__Work required__.
Write down exactly the lines of the listing below, beginning with the one containing "show_equal(&list, &other, call);" and closing with the final line.
#### Task material
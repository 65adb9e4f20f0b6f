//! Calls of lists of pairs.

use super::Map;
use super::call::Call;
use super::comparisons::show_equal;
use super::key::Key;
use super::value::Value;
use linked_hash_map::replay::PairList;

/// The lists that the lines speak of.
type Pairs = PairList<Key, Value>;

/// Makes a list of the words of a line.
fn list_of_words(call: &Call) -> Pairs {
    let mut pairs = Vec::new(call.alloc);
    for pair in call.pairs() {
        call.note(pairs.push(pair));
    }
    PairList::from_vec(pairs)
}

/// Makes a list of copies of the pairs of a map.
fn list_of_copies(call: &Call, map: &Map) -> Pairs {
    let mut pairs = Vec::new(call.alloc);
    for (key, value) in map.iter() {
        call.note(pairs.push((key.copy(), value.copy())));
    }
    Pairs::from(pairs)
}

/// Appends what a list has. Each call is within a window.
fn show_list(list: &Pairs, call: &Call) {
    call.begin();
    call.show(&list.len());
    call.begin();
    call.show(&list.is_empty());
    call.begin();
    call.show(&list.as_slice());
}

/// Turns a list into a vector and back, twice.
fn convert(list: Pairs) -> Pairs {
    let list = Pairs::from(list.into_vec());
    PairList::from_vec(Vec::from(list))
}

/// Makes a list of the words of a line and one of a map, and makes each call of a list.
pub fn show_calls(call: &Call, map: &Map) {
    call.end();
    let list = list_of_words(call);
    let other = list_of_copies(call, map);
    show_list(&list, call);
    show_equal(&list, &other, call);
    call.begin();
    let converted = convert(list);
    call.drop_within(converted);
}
########
__Solution to the exercise__.
    show_equal(&list, &other, call);
    call.begin();
    let converted = convert(list);
    call.drop_within(converted);
}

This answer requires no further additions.